## DATA RECORDS
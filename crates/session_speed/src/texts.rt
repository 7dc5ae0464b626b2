//! What a counterparty sends, and what a library answers.

use std::alloc::Global;

/// 2026-01-05 09:30:00.000
pub const MORNING: u64 = 1_767_605_400_000;

/// What follows the header in a Logon.
pub const LOGON: &str = "98=0\x01108=30\x01";

/// What follows the header in an order.
pub const ORDER: &str =
    "11=order-1\x0155=ACME\x0154=1\x0138=100\x0140=2\x0144=12.50\x0159=0\x011=account-77\x0158=as told at the desk\x01";

/// An execution report that fills an order.
pub const REPORT: &[u8] =
    b"35=8\x0137=O1\x0117=E1\x01150=F\x0139=2\x0111=order-1\x0155=ACME\x0154=1\x0138=100\x0132=100\x0131=12.50\x01151=0\x0114=100\x016=12.50\x01";

/// Puts the frame of a message of BUYER's behind the input.
pub fn put_message(
    alloc: Global,
    input: &mut Vec<u8>,
    kind: &str,
    number: u64,
    rest: &str,
) -> Result<(), anyhow::Error> {
    let body = format!(in alloc;
        "35={kind}\x0149=BUYER\x0156=GATE\x0134={number}\x0152=20260105-09:30:00.000\x01{rest}"
    )?;
    let head = format!(in alloc; "8=FIX.4.4\x019={}\x01", body.len())?;
    input.extend_from_slice(head.as_bytes())?;
    input.extend_from_slice(body.as_bytes())?;
    let sum = sum(head.as_bytes()).wrapping_add(sum(body.as_bytes()));
    let tail = format!(in alloc; "10={sum:03}\x01")?;
    input.extend_from_slice(tail.as_bytes())?;
    Ok(())
}

// The sum of the bytes modulo 256.
fn sum(bytes: &[u8]) -> u8 {
    let mut sum = 0u8;
    for byte in bytes {
        sum = sum.wrapping_add(*byte);
    }
    sum
}
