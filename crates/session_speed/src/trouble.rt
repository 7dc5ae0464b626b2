//! Why an order isn't answered. It is small, so that what is timed doesn't wait for an error's place.

use gate_io::NoMemory;
use std::alloc::{AllocError, AllocFailed};
use std::error::Error;
use std::fmt;

/// Why an order isn't answered.
#[derive(Clone, Copy, Debug)]
pub enum Trouble {
    /// There is no memory.
    OutOfMemory,
    /// More bytes come than the connection has room for.
    NoRoom,
    /// Some bytes are no frame.
    Garbled,
    /// The session isn't bound to the connection, or can't be.
    NotBound,
    /// The library doesn't get the session.
    NotGranted,
    /// The report can't be shown.
    NotShown,
    /// The connection ended.
    Ended,
}

impl fmt::Display for Trouble {
    fn fmt<W: fmt::Write>(&self, f: &mut fmt::Formatter<W>) -> fmt::Result {
        let text = match self {
            Trouble::OutOfMemory => "out of memory",
            Trouble::NoRoom => "the connection has no room for the bytes",
            Trouble::Garbled => "some bytes are garbled",
            Trouble::NotBound => "the session isn't bound",
            Trouble::NotGranted => "the session was not granted",
            Trouble::NotShown => "the report can't be shown",
            Trouble::Ended => "the connection ended",
        };
        write!(f, "{text}")
    }
}

impl Error for Trouble {}

impl From<NoMemory> for Trouble {
    fn from(_why: NoMemory) -> Trouble {
        Trouble::OutOfMemory
    }
}

impl From<AllocError> for Trouble {
    fn from(_why: AllocError) -> Trouble {
        Trouble::OutOfMemory
    }
}

impl<T: Drop> From<AllocFailed<T>> for Trouble {
    fn from(_why: AllocFailed<T>) -> Trouble {
        Trouble::OutOfMemory
    }
}
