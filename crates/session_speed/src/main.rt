//! Orders through one session and one connection in memory, in one thread: their bytes are taken in and
//! cut, what they ask for is carried out, a report is queued for each, and the texts are made and
//! written. It checks that each order is logged and each report written. With two arguments it does so
//! with as many orders as the first says, behind as many others as the second says, and prints how many
//! nanoseconds it took.
//!
//! Stands on `switchboard`, `session_book` and `connection_core`, which are measured, `book_desk` (when a word may
//! be shown), `session_core` (routing, names, causes), `lease_core` (words and replies), `resend_plan` and
//! `fix_frame` (which bodies are fit), `fix_fields` (fields), `gate_io` (bytes, want of memory) and `anyhow`
//! (errors). Told in docs/sessions.md.
//!
//! Read `texts` (what both sides say), `trouble` (why no answer comes) and `market` (an order's steps).
#![tactic(auto)]

ghost use Rattle.std.specs.Prelude.{OnOk};
ghost use Rattle.session_speed.specs.Market.{IsOpen};

mod market;
mod texts;
mod trouble;

use anyhow::{Context, bail};
use market::{Answerer, open, take_session};
use std::alloc::Global;
use std::env;
use std::time::{Clock, Instant};
use switchboard::Switchboard;
use texts::{LOGON, ORDER, REPORT, put_message};
use trouble::Trouble;

const FEW: u64 = 2_000;

/// How many bytes come at once.
const READ: usize = 4_096;

/// So many orders, each in a frame of its own, of which the first has this number.
fn orders(alloc: Global, first: u64, count: u64) -> Result<Vec<u8>, anyhow::Error> {
    let mut input = Vec::new(alloc);
    for k in 0..count {
        put_message(alloc, &mut input, "D", first.saturating_add(k), ORDER)?;
    }
    Ok(input)
}

/// All of the input comes, and what it asks for is carried out, answered and written.
fn bring(
    alloc: Global,
    board: &mut Switchboard,
    answerer: &mut Answerer,
    input: &[u8],
) -> Result<(), Trouble>
    requires market { IsOpen board.old }
    ensures market { OnOk result (IsOpen board.new) }
{
    let mut rest = input;
    for _read in 0..input.len() {
        if rest.is_empty() {
            break;
        }
        let (piece, behind) = rest.split_at(READ.min(rest.len()));
        answerer.bring(alloc, board, piece)?;
        rest = behind;
    }
    Ok(())
}

/// How many nanoseconds it takes to carry out and to answer so many orders, behind so many others.
fn answer<R: Clock>(rt: &R, alloc: Global, count: u64, before: u64) -> Result<u128, anyhow::Error> {
    let mut board = open(alloc)?;
    let mut answerer = Answerer::new(alloc)?;
    answer_on(rt, alloc, &mut board, &mut answerer, count, before)
}

// The same, on a board of which nothing was heard.
fn answer_on<R: Clock>(
    rt: &R,
    alloc: Global,
    board: &mut Switchboard,
    answerer: &mut Answerer,
    count: u64,
    before: u64,
) -> Result<u128, anyhow::Error>
    requires market { IsOpen board.old }
{
    let mut logon = Vec::new(alloc);
    put_message(alloc, &mut logon, "A", 1, LOGON)?;
    bring(alloc, board, answerer, &logon)?;
    take_session(board)?;
    let earlier = orders(alloc, 2, before)?;
    bring(alloc, board, answerer, &earlier)?;
    let input = orders(alloc, before.saturating_add(2), count)?;
    let start = Instant::now(rt)?;
    bring(alloc, board, answerer, &input)?;
    let time = start.elapsed(rt)?;
    let all = before.saturating_add(count);
    let book = board.session(0);
    if book.inbound().len() != all || book.outbound().len() != all.saturating_add(1) {
        bail!("some orders were not carried out or not answered");
    }
    if board.connection(0).waiting_items() > 0 || answerer.written < all {
        bail!("some reports were not written");
    }
    Ok(time.as_nanos())
}

/// How many orders are asked for, and behind how many others, where the words say so.
fn asked(rt: &HostRuntime) -> Result<Option<(u64, u64)>, anyhow::Error> {
    let mut words = env::args(rt)?;
    let _program = words.next();
    let Some(count) = words.next() else {
        return Ok(None);
    };
    let before = words.next().context("say behind how many")?;
    Ok(Some((count.as_str().parse()?, before.as_str().parse()?)))
}

fn main(rt: HostRuntime) -> Result<(), anyhow::Error> {
    if let Some((count, before)) = asked(&rt)? {
        let time = answer(&rt, rt.alloc(), count, before)?;
        println!(rt; "{time}")?;
        return Ok(());
    }
    answer(&rt, rt.alloc(), FEW, FEW)?;
    println!(rt; "{FEW} orders were answered behind {FEW}")?;
    Ok(())
}
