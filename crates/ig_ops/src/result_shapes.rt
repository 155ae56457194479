//! Reading results, by their shape.

ghost use Rattle.std.specs.Prelude.{◌≤◌, length};
ghost use Rattle.ig_fields.specs.ShowsRightly.{shown_by};
ghost use Rattle.ig_fields.specs.ShownAnswers.{ShowsAs};
ghost use Rattle.ig_ops.specs.Results.{done_result, value_result, truth_result, rows_result, count_result, first_page_result, next_page_result};

use crate::pair_fields::PairFields;
use ig_base::Items;
use ig_caches::{Outcome, Page, Shown};
use ig_fields::read_shown;
use ig_value::Value;
use ig_wire::ReadFault;
use std::alloc::Global;

/// Rows, and whether more are left.
type PageFields = (Items<PairFields>, bool);

pub(crate) fn read_done(alloc: Global, body: &[u8], at: usize) -> Result<Shown, ReadFault>
    requires { at ≤ length body.now }
    ensures { ShowsAs (shown_by done_result body.now at) result }
{
    read_shown::<(), Shown, _>(alloc, body, at, |_| Shown::Out(Outcome::Done))
}

pub(crate) fn read_value(alloc: Global, body: &[u8], at: usize) -> Result<Shown, ReadFault>
    requires { at ≤ length body.now }
    ensures { ShowsAs (shown_by value_result body.now at) result }
{
    read_shown::<Value, Shown, _>(alloc, body, at, |value| Shown::Out(Outcome::Found(value)))
}

pub(crate) fn read_truth(alloc: Global, body: &[u8], at: usize) -> Result<Shown, ReadFault>
    requires { at ≤ length body.now }
    ensures { ShowsAs (shown_by truth_result body.now at) result }
{
    read_shown::<bool, Shown, _>(alloc, body, at, |yes| Shown::Out(Outcome::Yes(yes)))
}

pub(crate) fn read_rows(alloc: Global, body: &[u8], at: usize) -> Result<Shown, ReadFault>
    requires { at ≤ length body.now }
    ensures { ShowsAs (shown_by rows_result body.now at) result }
{
    read_shown::<Items<PairFields>, Shown, _>(
        alloc,
        body,
        at,
        |rows| Shown::Out(Outcome::Pairs(rows)),
    )
}

pub(crate) fn read_count(alloc: Global, body: &[u8], at: usize) -> Result<Shown, ReadFault>
    requires { at ≤ length body.now }
    ensures { ShowsAs (shown_by count_result body.now at) result }
{
    read_shown::<i64, Shown, _>(alloc, body, at, |count| Shown::Out(Outcome::Count(count)))
}

pub(crate) fn read_first_page(alloc: Global, body: &[u8], at: usize) -> Result<Shown, ReadFault>
    requires { at ≤ length body.now }
    ensures { ShowsAs (shown_by first_page_result body.now at) result }
{
    read_shown::<(i64, PageFields), Shown, _>(
        alloc,
        body,
        at,
        |(cursor, (rows, more))| Shown::Page(Page {
            cursor: Some(cursor),
            rows,
            more,
        }),
    )
}

pub(crate) fn read_next_page(alloc: Global, body: &[u8], at: usize) -> Result<Shown, ReadFault>
    requires { at ≤ length body.now }
    ensures { ShowsAs (shown_by next_page_result body.now at) result }
{
    read_shown::<PageFields, Shown, _>(
        alloc,
        body,
        at,
        |(rows, more)| Shown::Page(Page {
            cursor: None,
            rows,
            more,
        }),
    )
}
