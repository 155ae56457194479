//! Results, read and written.

ghost use Rattle.std.specs.Prelude.{◌≡◌, ◌-◌, ◌≤◌, ◌^◌, ◌++◌, min, length, take, drop, IfOk, OnOk, OnErr};
ghost use Rattle.ig_fields.specs.Ask.{row_at};
ghost use Rattle.ig_ops.specs.Results.{result_of, shown_bytes, IsOpsShown};
ghost use Rattle.ig_ops.specs.ReadAnswers.{IsKnown, ShowsRow, RowShowsRightly};

use crate::result_shapes::{
    read_count, read_done, read_first_page, read_next_page, read_rows, read_truth, read_value,
};
use crate::shown_body::ShownBody;
use ig_base::{NoMemory, Octets};
use ig_caches::Shown;
use ig_fields::{append_message, message_len, message_part};
use ig_wire::{Operation, ReadFault};
use std::alloc::Global;

/// What the result shows that stands in the body of a reply's frame from this offset on. `op` is the
/// code of the request's operation; offsets of what doesn't read count from the frame's first length
/// byte.
///
/// # Errors
///
/// [`ReadFault::Unread`] exactly if the result doesn't read or bytes follow it, and
/// [`ReadFault::NoMemory`] if memory runs out.
pub fn read_result(alloc: Global, op: i16, body: &[u8], at: usize) -> Result<Shown, ReadFault>
    requires operation { IsKnown (row_at result_of op) }
    requires within { at ≤ length body.now }
    ensures right { RowShowsRightly (row_at result_of op) body.now at result }
    ensures reads { ShowsRow (row_at result_of op) body.now at result }
    ensures known { IfOk result IsOpsShown }
{
    match Operation::of(op) {
        Some(operation) => read_shown_by(alloc, operation, body, at),
        None => unreachable!(),
    }
}

/// The same by the operation.
fn read_shown_by(
    alloc: Global,
    operation: Operation,
    body: &[u8],
    at: usize,
) -> Result<Shown, ReadFault>
    requires operation { IsKnown (result_of operation) }
    requires within { at ≤ length body.now }
    ensures { ShowsRow (result_of operation) body.now at result }
{
    match operation {
        Operation::Get => read_value(alloc, body, at),
        Operation::Put => read_done(alloc, body, at),
        Operation::PutIfAbsent => read_truth(alloc, body, at),
        Operation::GetAll => read_rows(alloc, body, at),
        Operation::PutAll => read_done(alloc, body, at),
        Operation::GetAndPut => read_value(alloc, body, at),
        Operation::GetAndReplace => read_value(alloc, body, at),
        Operation::GetAndRemove => read_value(alloc, body, at),
        Operation::GetAndPutIfAbsent => read_value(alloc, body, at),
        Operation::Replace => read_truth(alloc, body, at),
        Operation::ReplaceIfEquals => read_truth(alloc, body, at),
        Operation::ContainsKey => read_truth(alloc, body, at),
        Operation::ContainsKeys => read_truth(alloc, body, at),
        Operation::Clear => read_done(alloc, body, at),
        Operation::ClearKey => read_done(alloc, body, at),
        Operation::ClearKeys => read_done(alloc, body, at),
        Operation::RemoveKey => read_truth(alloc, body, at),
        Operation::RemoveIfEquals => read_truth(alloc, body, at),
        Operation::RemoveKeys => read_done(alloc, body, at),
        Operation::RemoveAll => read_done(alloc, body, at),
        Operation::GetSize => read_count(alloc, body, at),
        Operation::Scan => read_first_page(alloc, body, at),
        Operation::NextPage => read_next_page(alloc, body, at),
        Operation::CloseResource => read_done(alloc, body, at),
        _ => unreachable!(),
    }
}

/// Appends the bytes of a result, which come after the head of a reply. On an error the bytes are as
/// before.
pub fn write_result(alloc: Global, shown: &Shown, out: &mut Octets) -> Result<(), NoMemory>
    requires { IsOpsShown shown.now }
    ensures ok { OnOk result (out.new ≡ out.old ++ shown_bytes shown.now) }
    ensures err { OnErr result (out.new ≡ out.old) }
{
    let body = ShownBody { shown };
    let Ok(len) = usize::try_from(message_len(&body)) else {
        return Err(NoMemory);
    };
    append_message(alloc, &body, len, out)
}

/// The number of bytes of a result; it saturates at `u128::MAX`. Takes no memory.
pub fn result_len(shown: &Shown) -> u128
    requires { IsOpsShown shown.now }
    ensures { result ≡ min (length (shown_bytes shown.now)) (2 ^ 128 - 1) }
{
    message_len(&ShownBody { shown })
}

/// Fills the slice with the bytes of a result from an offset on. Answers how many bytes it filled: the
/// slice's length, or what is left of the result, whichever is less. Takes no memory.
pub fn result_part(shown: &Shown, from: u64, into: &mut [u8]) -> usize
    requires { IsOpsShown shown.now }
    ensures count { result ≡ min (length into.old) (length (shown_bytes shown.now) - from) }
    ensures bytes { into.new ≡ take result (drop from (shown_bytes shown.now)) ++ drop result into.old }
{
    message_part(&ShownBody { shown }, from, into)
}
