//! Places in pages.

use crate::pair_fields::PairFields;
use ig_caches::Pair;
use ig_encode::{Measure, Output, ValueOutput};
use ig_fields::{FieldFormat, Message, message_len};

/// A row of a page, and the offset of its first byte in the bytes of the page.
#[derive(Clone, Copy, Debug, PartialEq, Eq)]
pub struct PageMark {
    pub(crate) row: usize,
    pub(crate) before: u64,
}

/// A row as a message.
#[derive(Drop)]
struct RowBody<'a> {
    row: &'a Pair,
}

impl Message for RowBody<'_> {
    ghost use Rattle.ig_ops.specs.Views.{pair_bytes};

    ghost bytes = { λ body. pair_bytes body.row.now };

    fn put<S: ValueOutput>(&self, out: &mut S, into: &mut [u8]) {
        <PairFields as FieldFormat>::put(self.row, out, into);
    }
}

impl PageMark {
    ghost use Rattle.std.specs.Prelude.{◌≡◌, ◌+◌, ◌<◌, ◌≤◌, ◌⊎◌, ℕ, ℤ, Option, List, length, drop};
    ghost use Rattle.ig_caches.specs.declared.call.Pair.{Pair as a_pair};
    ghost use Rattle.ig_ops.specs.Views.{row_bytes};
    ghost use Rattle.ig_ops.specs.PageMarks.{IsPageMark, IsReached};

    /// The mark of the first row of a page, which has a cursor or not.
    pub fn first(cursor: Option<i64>) -> PageMark
        ensures { (rows : List a_pair) → IsPageMark cursor rows result }
    {
        let before = match cursor {
            Some(_) => 12,
            None => 4,
        };
        PageMark { row: 0, before }
    }

    /// The index of the row.
    pub fn row(&self) -> usize
        ensures { result ≡ self.now.row }
    {
        self.row
    }

    /// The number of bytes of the page before the row.
    pub fn before(&self) -> u64
        ensures { result ≡ self.now.before }
    {
        self.before
    }

    /// Moves to the last row that begins at the offset or before it, unless the mark is past it: then it
    /// stays. It walks the rows that it passes, and one more. Takes no memory.
    pub fn advance(&mut self, rows: &[Pair], to: u64)
        ensures mark { (cursor : Option ℤ) → IsPageMark cursor rows.now self.old
            → IsPageMark cursor rows.now self.new }
        ensures onward { self.old.row ≤ self.new.row }
        ensures within { self.new.row ≡ self.old.row ⊎ self.new.before ≤ to }
        ensures reached { IsReached rows.now self.new to }
    {
        while let Some(row) = rows.get(self.row) {
            let end = (self.before as u128).saturating_add(message_len(&RowBody { row }));
            if end > to as u128 {
                return;
            }
            self.row += 1;
            self.before = end as u64;
        }
    }
}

## PROBLEM TO SOLVE
From the data above, output exactly the lines between the one containing "less. Takes no memory." and the one containing "λ body. pair_bytes", counting both of them.

## FINISHED TASK
/// slice's length, or what is left of the result, whichever is less. Takes no memory.
pub fn result_part(shown: &Shown, from: u64, into: &mut [u8]) -> usize
    requires { IsOpsShown shown.now }
    ensures count { result ≡ min (length into.old) (length (shown_bytes shown.now) - from) }
    ensures bytes { into.new ≡ take result (drop from (shown_bytes shown.now)) ++ drop result into.old }
{
    message_part(&ShownBody { shown }, from, into)
}
//! Places in pages.

use crate::pair_fields::PairFields;
use ig_caches::Pair;
use ig_encode::{Measure, Output, ValueOutput};
use ig_fields::{FieldFormat, Message, message_len};

/// A row of a page, and the offset of its first byte in the bytes of the page.
#[derive(Clone, Copy, Debug, PartialEq, Eq)]
pub struct PageMark {
    pub(crate) row: usize,
    pub(crate) before: u64,
}

/// A row as a message.
#[derive(Drop)]
struct RowBody<'a> {
    row: &'a Pair,
}

impl Message for RowBody<'_> {
    ghost use Rattle.ig_ops.specs.Views.{pair_bytes};

    ghost bytes = { λ body. pair_bytes body.row.now };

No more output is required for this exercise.